The development of laser spark emission spectroscopy for the characterization of ash deposits

Abstract

Laser spark emission spectroscopy (LASS) is being developed as an in situ, real time monitor for elemental composition of ash deposits formed during coal combustion processes. The analytical technique uses a high-energy pulsed laser to form a high-temperature plasma from a small quanity of the surface material. Optical emission line intensities are then recorded and analyzed to characterize the elemental constituents of the material. Sensitivity and linearity of the method are demonstrated for binary sodium/calcium sulfate deposits prepared on metallic substrates. Observed intensity ratios for sodium and calcium are found to correlate very well with deposit composition. LASS has also been used to qualitatively characterize complex ash deposits prepared by the combustion of pulverized coals in a pilot-scale combustor. Differences in composition related to coal type are monitored by comparing relative emission intensities for calcium, aluminum and iron. Examination of the ash deposit at a location on the probe for two different orientations relative to the main combustion flow reveals changes in composition that can be related to differences in the mechanism of deposition.
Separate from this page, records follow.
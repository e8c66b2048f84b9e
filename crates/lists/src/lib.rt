// Versions on the wire: big endian, four bytes each; a list is its entries one after the other.
#![tactic(auto)]

ghost use Rattle.std.specs.Prelude.{ℕ, List, ◌≡◌, ◌+◌, ◌≤◌, ◌<◌, ◌*◌, ◌/◌, ◌^◌, ◌||◌, ◌++◌, leb, eqb, length, take, drop, get_or};
ghost use Rattle.versions.specs.Table.{elem};
ghost use Rattle.lists.specs.Limits.{block};
ghost use Rattle.lists.specs.Wire.{number, number_at, turned, entries, entry_at, bytes_of, version_bytes, after_put, after_values};

use versions::table::contains;

// The bytes that a version takes on the wire.
pub const VERSION_BYTES: usize = 4;
// The most entries that a list to choose from has.
pub const MAX_LIST: usize = 16382;
// The entries that a search compares at a time.
const BLOCK: usize = 64;

// A list of versions: as numbers, or as it lies on the wire. A call that takes one answers by its versions alone.
pub trait Versions: Copy {
    // The versions, in their order.
    ghost versions: { Self → List ℕ };

    // How many there are.
    fn count(self) -> usize
        ensures { result ≡ length (versions self) };

    // Whether a version is among them.
    fn holds(self, version: u32) -> bool
        ensures { result ≡ elem version (versions self) };
}

impl<'a> Versions for &'a [u32] {
    ghost versions = { λ list. list.now };

    fn count(self) -> usize {
        self.len()
    }

    fn holds(self, version: u32) -> bool {
        contains(self, version)
    }
}

// The same of an array, as a caller writes a list out.
impl<'a, const N: usize> Versions for &'a [u32; N] {
    ghost versions = { λ list. list.now };

    fn count(self) -> usize {
        let list: &[u32] = self;
        list.len()
    }

    fn holds(self, version: u32) -> bool {
        let list: &[u32] = self;
        contains(list, version)
    }
}

// A list as it lies on the wire. Entries are whole fours; 1 to 3 bytes left over are no entry.
#[derive(Clone, Copy)]
pub struct OnWire<'a>(pub &'a [u8]);

impl<'a> Versions for OnWire<'a> {
    ghost versions = { λ list. entries list.0.now };

    fn count(self) -> usize {
        self.0.len() / VERSION_BYTES
    }

    fn holds(self, version: u32) -> bool {
        contains_in_bytes(self.0, version)
    }
}

// Where a part of a byte string lies: from `start` up to, and not with, `end`.
#[derive(Clone, Copy)]
pub struct Span {
    pub start: usize,
    pub end: usize,
}

// Four bytes as a number. (By `from_be_bytes` a search reads an entry byte by byte; so it is one load.)
pub fn big_endian(a: u8, b: u8, c: u8, d: u8) -> u32
    ensures { result ≡ number a b c d }
{
    u32::from(a) * 0x1000000 + (u32::from(b) * 0x10000 + (u32::from(c) * 0x100 + u32::from(d)))
}

// The entry at a place of a list on the wire, counted from 0; none where the list ends before it. Entries are whole fours;
// 1 to 3 bytes left over are no entry.
pub fn entry_at(bytes: &[u8], place: usize) -> Option<u32>
    ensures { result ≡ entry_at (entries bytes.now) place }
{
    if place < bytes.len() / VERSION_BYTES {
        Some(number_at(bytes, place * VERSION_BYTES))
    } else {
        None
    }
}

// Whether the version is an entry of a list on the wire. Of a long list it compares BLOCK entries at a time.
pub fn contains_in_bytes(bytes: &[u8], version: u32) -> bool
    ensures { result ≡ elem version (entries bytes.now) }
{
    let blocks = bytes.len() / VERSION_BYTES / BLOCK;
    for i in 0..blocks {
        if block_contains(bytes, i * BLOCK, version) {
            return true;
        }
    }
    rest_contains(bytes, blocks * BLOCK, version)
}

// Whether the version is among BLOCK entries from a place on. There is no early exit, so that the compiler compares
// several entries at a time.
fn block_contains(bytes: &[u8], from: usize, version: u32) -> bool
    requires { from + block ≤ length bytes.now / version_bytes }
    ensures { elem version (drop from (entries bytes.now)) ≡ (result || elem version (drop (from + block) (entries bytes.now))) }
{
    let mut found = false;
    for k in 0..BLOCK {
        found |= is_entry(bytes, from + k, version);
    }
    found
}

// Whether the version is an entry from a place on.
fn rest_contains(bytes: &[u8], from: usize, version: u32) -> bool
    requires { from ≤ length bytes.now / version_bytes }
    ensures { result ≡ elem version (drop from (entries bytes.now)) }
{
    let end = bytes.len() / VERSION_BYTES;
    for i in from..end {
        if is_entry(bytes, i, version) {
            return true;
        }
    }
    false
}

// Whether the entry at a place is the version. The version is turned, not the entry: an entry is then read by one load,
// and the version is turned once.
fn is_entry(bytes: &[u8], place: usize, version: u32) -> bool
    requires { place < length bytes.now / version_bytes }
    ensures { result ≡ eqb (get_or (entries bytes.now) place 0) version }
{
    let word = word_at(bytes, place);
    let sought = turned(version);
    word == sought
}

// The entry at a place, turned: its bytes read little endian. (`slots` has the same: no public function requires anything,
// so this one is not lent, and a test of the place would stand in the search.)
fn word_at(bytes: &[u8], place: usize) -> u32
    requires { place < length bytes.now / version_bytes }
    ensures { (result ≡ turned (get_or (entries bytes.now) place 0)) × (get_or (entries bytes.now) place 0 < 2 ^ 32) }
{
    let at = place * VERSION_BYTES;
    big_endian(bytes[at + 3], bytes[at + 2], bytes[at + 1], bytes[at])
}

// The number of the same four bytes in the other order.
pub fn turned(version: u32) -> u32
    ensures { result ≡ turned version }
{
    version.swap_bytes()
}

// Puts a list at the front of the buffer and answers true; where there is no room it answers false and
// leaves the buffer as found.
pub fn put_list(versions: &[u32], buffer: &mut [u8]) -> bool
    ensures answer { result ≡ leb (version_bytes * length versions.now) (length buffer.old) }
    ensures left { buffer.new ≡ after_put versions.now buffer.old }
{
    let count = versions.len();
    if buffer.len() / VERSION_BYTES < count {
        return false;
    }
    for i in 0..count {
        put_at(buffer, i * VERSION_BYTES, versions[i]);
    }
    true
}

// Puts values at the front of the places and answers true; where there is no room it answers false and leaves the places as
// found. (A loop: by `copy_from_slice` the archive for C would need `memmove` from outside.)
pub fn put_values<T: Copy>(values: &[T], places: &mut [T]) -> bool
    ensures answer { result ≡ leb (length values.now) (length places.old) }
    ensures left { places.new ≡ after_values values.now places.old }
{
    if places.len() < values.len() {
        return false;
    }
    for i in 0..values.len() {
        places[i] = values[i];
    }
    true
}

// Puts one version at a place of the buffer.
fn put_at(buffer: &mut [u8], at: usize, version: u32)
    requires { at + version_bytes ≤ length buffer.old }
    ensures { buffer.new ≡ take at buffer.old ++ bytes_of version ++ drop (at + version_bytes) buffer.old }
{
    buffer[at..at + VERSION_BYTES].copy_from_slice(&version.to_be_bytes());
}

// The number whose four bytes begin at a place.
fn number_at(bytes: &[u8], at: usize) -> u32
    requires { at + version_bytes ≤ length bytes.now }
    ensures { result ≡ number_at bytes.now at }
{
    big_endian(bytes[at], bytes[at + 1], bytes[at + 2], bytes[at + 3])
}
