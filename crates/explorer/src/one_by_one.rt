//! Explores the histories of a script within a bound of delays, one walk after another.

ghost use Rattle.std.specs.Prelude.{◌≡◌, ◌≤◌, min, IfOk};
ghost use Rattle.delay_bounded.specs.Explored.{bound_of, explored};
ghost use Rattle.explorer.specs.Taken.{event_limit};
ghost use Rattle.explorer.specs.Telling.{TellsFirst};

use crate::found::FoundOutcome;
use crate::one_walk::{Attempt, walk_all};
use crate::passes::explore_by_passes;
use crate::tally::EVENT_LIMIT;
use hist_model::policy::Policy;
use hist_model::script::Script;
use std::alloc::Global;
use sys_abi::memory::NoMemory;

/// What exploring one by one came to, as long as there were fewer events than the limit.
#[derive(Debug, Drop)]
pub(crate) struct Explored {
    /// How many histories were explored.
    pub(crate) histories: u64,
    /// How many events they have together, the first spawn and the close included.
    pub(crate) events: u64,
    /// How many the longest of them has.
    pub(crate) longest: u64,
    /// Whether no history within the bound is left.
    pub(crate) whole: bool,
    /// What they come to, in the order in which each outcome came up first.
    pub(crate) outcomes: Vec<FoundOutcome>,
}

/// The bound, or the limit of events: before a history with so many delays there is one with each smaller number, and so there would
/// be too many events.
fn bound_within(delays: Option<u64>) -> u64
    ensures { result ≡ min (bound_of delays) event_limit }
{
    match delays {
        Some(delays) => delays.min(EVENT_LIMIT),
        None => EVENT_LIMIT,
    }
}

/// Explores the first histories of a script with so many delays at most, or of all.
///
/// One walk after another leads through them all, whatever their delays. Only where they have too many events the order decides of
/// which something is told: those with the fewest delays are explored first then, which takes a pass for each number of delays.
pub(crate) fn explore_one_by_one(
    alloc: Global,
    policy: &Policy,
    script: Script,
    workers: u8,
    delays: Option<u64>,
) -> Result<Explored, NoMemory>
    requires workers { workers ≤ 15 }
    ensures { IfOk result (λ x. TellsFirst policy.now script (explored policy.now script workers (bound_of delays)) x) }
{
    let bound = bound_within(delays);
    match walk_all(alloc, policy, workers, script, bound)? {
        Attempt::Whole(tally) => Ok(tally.told(true)),
        Attempt::TooMany(script) => explore_by_passes(alloc, policy, workers, script, bound),
    }
}
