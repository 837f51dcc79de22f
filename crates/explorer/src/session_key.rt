//! The part of a key that tells what a worker was told in its session.

ghost use Rattle.std.specs.Prelude.{◌≡◌, ◌++◌, ◌&&◌, OnOk, not, reverse, true};
ghost use Rattle.broker_core.specs.Answers.{answer_of, told};
ghost use Rattle.hist_model.specs.Kinds.{skips, starts};
ghost use Rattle.hist_model.specs.Legal.{is_open_session};
ghost use Rattle.hist_model.specs.Look.{is_worker};
ghost use Rattle.hist_model.specs.Sessions.{session};
ghost use Rattle.key_bytes.specs.Parts.{list_part, number_part};
ghost use Rattle.explorer.specs.SessionKeys.{answer_part, call_part, notif_part, step_part, steps_part};

use broker_core::deed::{Got, answer_of};
use hist_model::event::{Actor, Event, What};
use key_bytes::{push_flag, push_number, push_signed, push_text};
use sys_abi::memory::NoMemory;
use sys_abi::wire::{Notif, SeccompData};

/// Adds the arguments of a call.
fn push_args(key: &mut Vec<u8>, args: &[u64]) -> Result<(), NoMemory>
    ensures { OnOk result (key.new.items ≡ key.old.items ++ list_part number_part args.now) }
{
    push_number(key, args.len() as u64)?;
    for arg in args {
        push_number(key, *arg)?;
    }
    Ok(())
}

/// Adds a call.
fn push_call(key: &mut Vec<u8>, call: &SeccompData) -> Result<(), NoMemory>
    ensures { OnOk result (key.new.items ≡ key.old.items ++ call_part call.now) }
{
    push_signed(key, i64::from(call.nr))?;
    push_number(key, u64::from(call.arch))?;
    push_number(key, call.ip)?;
    push_args(key, &call.args)
}

/// Adds a notification.
fn push_notif(key: &mut Vec<u8>, notif: &Notif) -> Result<(), NoMemory>
    ensures { OnOk result (key.new.items ≡ key.old.items ++ notif_part notif.now) }
{
    push_number(key, notif.id)?;
    push_number(key, u64::from(notif.pid))?;
    push_number(key, u64::from(notif.flags))?;
    push_call(key, &notif.call)
}

/// Adds what a worker was told.
fn push_told(key: &mut Vec<u8>, got: &Got<'_>) -> Result<(), NoMemory>
    ensures { OnOk result (key.new.items ≡ key.old.items ++ answer_part (told got.now)) }
{
    match got {
        Got::Notif(notif) => {
            push_number(key, 0)?;
            push_notif(key, notif)
        }
        Got::Ok => push_number(key, 1),
        Got::Bytes(bytes) => {
            push_number(key, 2)?;
            push_text(key, bytes)
        }
        Got::Number(number) => {
            push_number(key, 3)?;
            push_number(key, u64::from(*number))
        }
        Got::NotYet => push_number(key, 4),
        Got::Fault(error) => {
            push_number(key, 5)?;
            push_number(key, u64::from(error.number()))
        }
    }
}

/// Whether an event is a step of a worker.
fn is_step_of(event: &Event, worker: u8) -> bool
    ensures { result ≡ is_worker event.now.who worker && not (skips event.now.what) }
{
    match event.who {
        Actor::Worker(number) => number == worker && !matches!(event.what, What::Skip),
        _ => false,
    }
}

/// Whether a session begins with a step.
fn starts(what: &What) -> bool
    ensures { result ≡ starts what.now }
{
    matches!(what, What::Recv { answer: Ok(_) })
}

/// Adds a step, and what the worker was told by it.
fn push_step(key: &mut Vec<u8>, what: &What) -> Result<(), NoMemory>
    ensures { OnOk result (key.new.items ≡ key.old.items ++ step_part what.now) }
{
    push_flag(key, true)?;
    push_told(key, &answer_of(what))
}

/// Adds what a worker was told in its session, which is open, the newest answer first. The events come with the oldest first.
pub(crate) fn push_session(key: &mut Vec<u8>, events: &[Event], worker: u8) -> Result<(), NoMemory>
    requires { is_open_session (session (reverse events.now) worker) ≡ true }
    ensures { OnOk result (key.new.items ≡ key.old.items ++ steps_part (session (reverse events.now) worker)) }
{
    let mut left = events.len();
    'steps: while left > 0 {
        let event = &events[left - 1];
        left -= 1;
        if !is_step_of(event, worker) {
            continue;
        }
        push_step(key, &event.what)?;
        if starts(&event.what) {
            return push_flag(key, false);
        }
    }
    push_flag(key, false)
}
Several instrument-related issues remain to be addressed in the study of ash deposits including the following: factors which influence the choice of analytical wavelengths; self-absorption of some emission lines; preferential vaporization of atomic species during plasma formation; variations in energy coupling and resultant temperature of the laser-induced plasma; optimum apparatus configuration for detection and resolution of complex emission spectra; and methods of data analysis.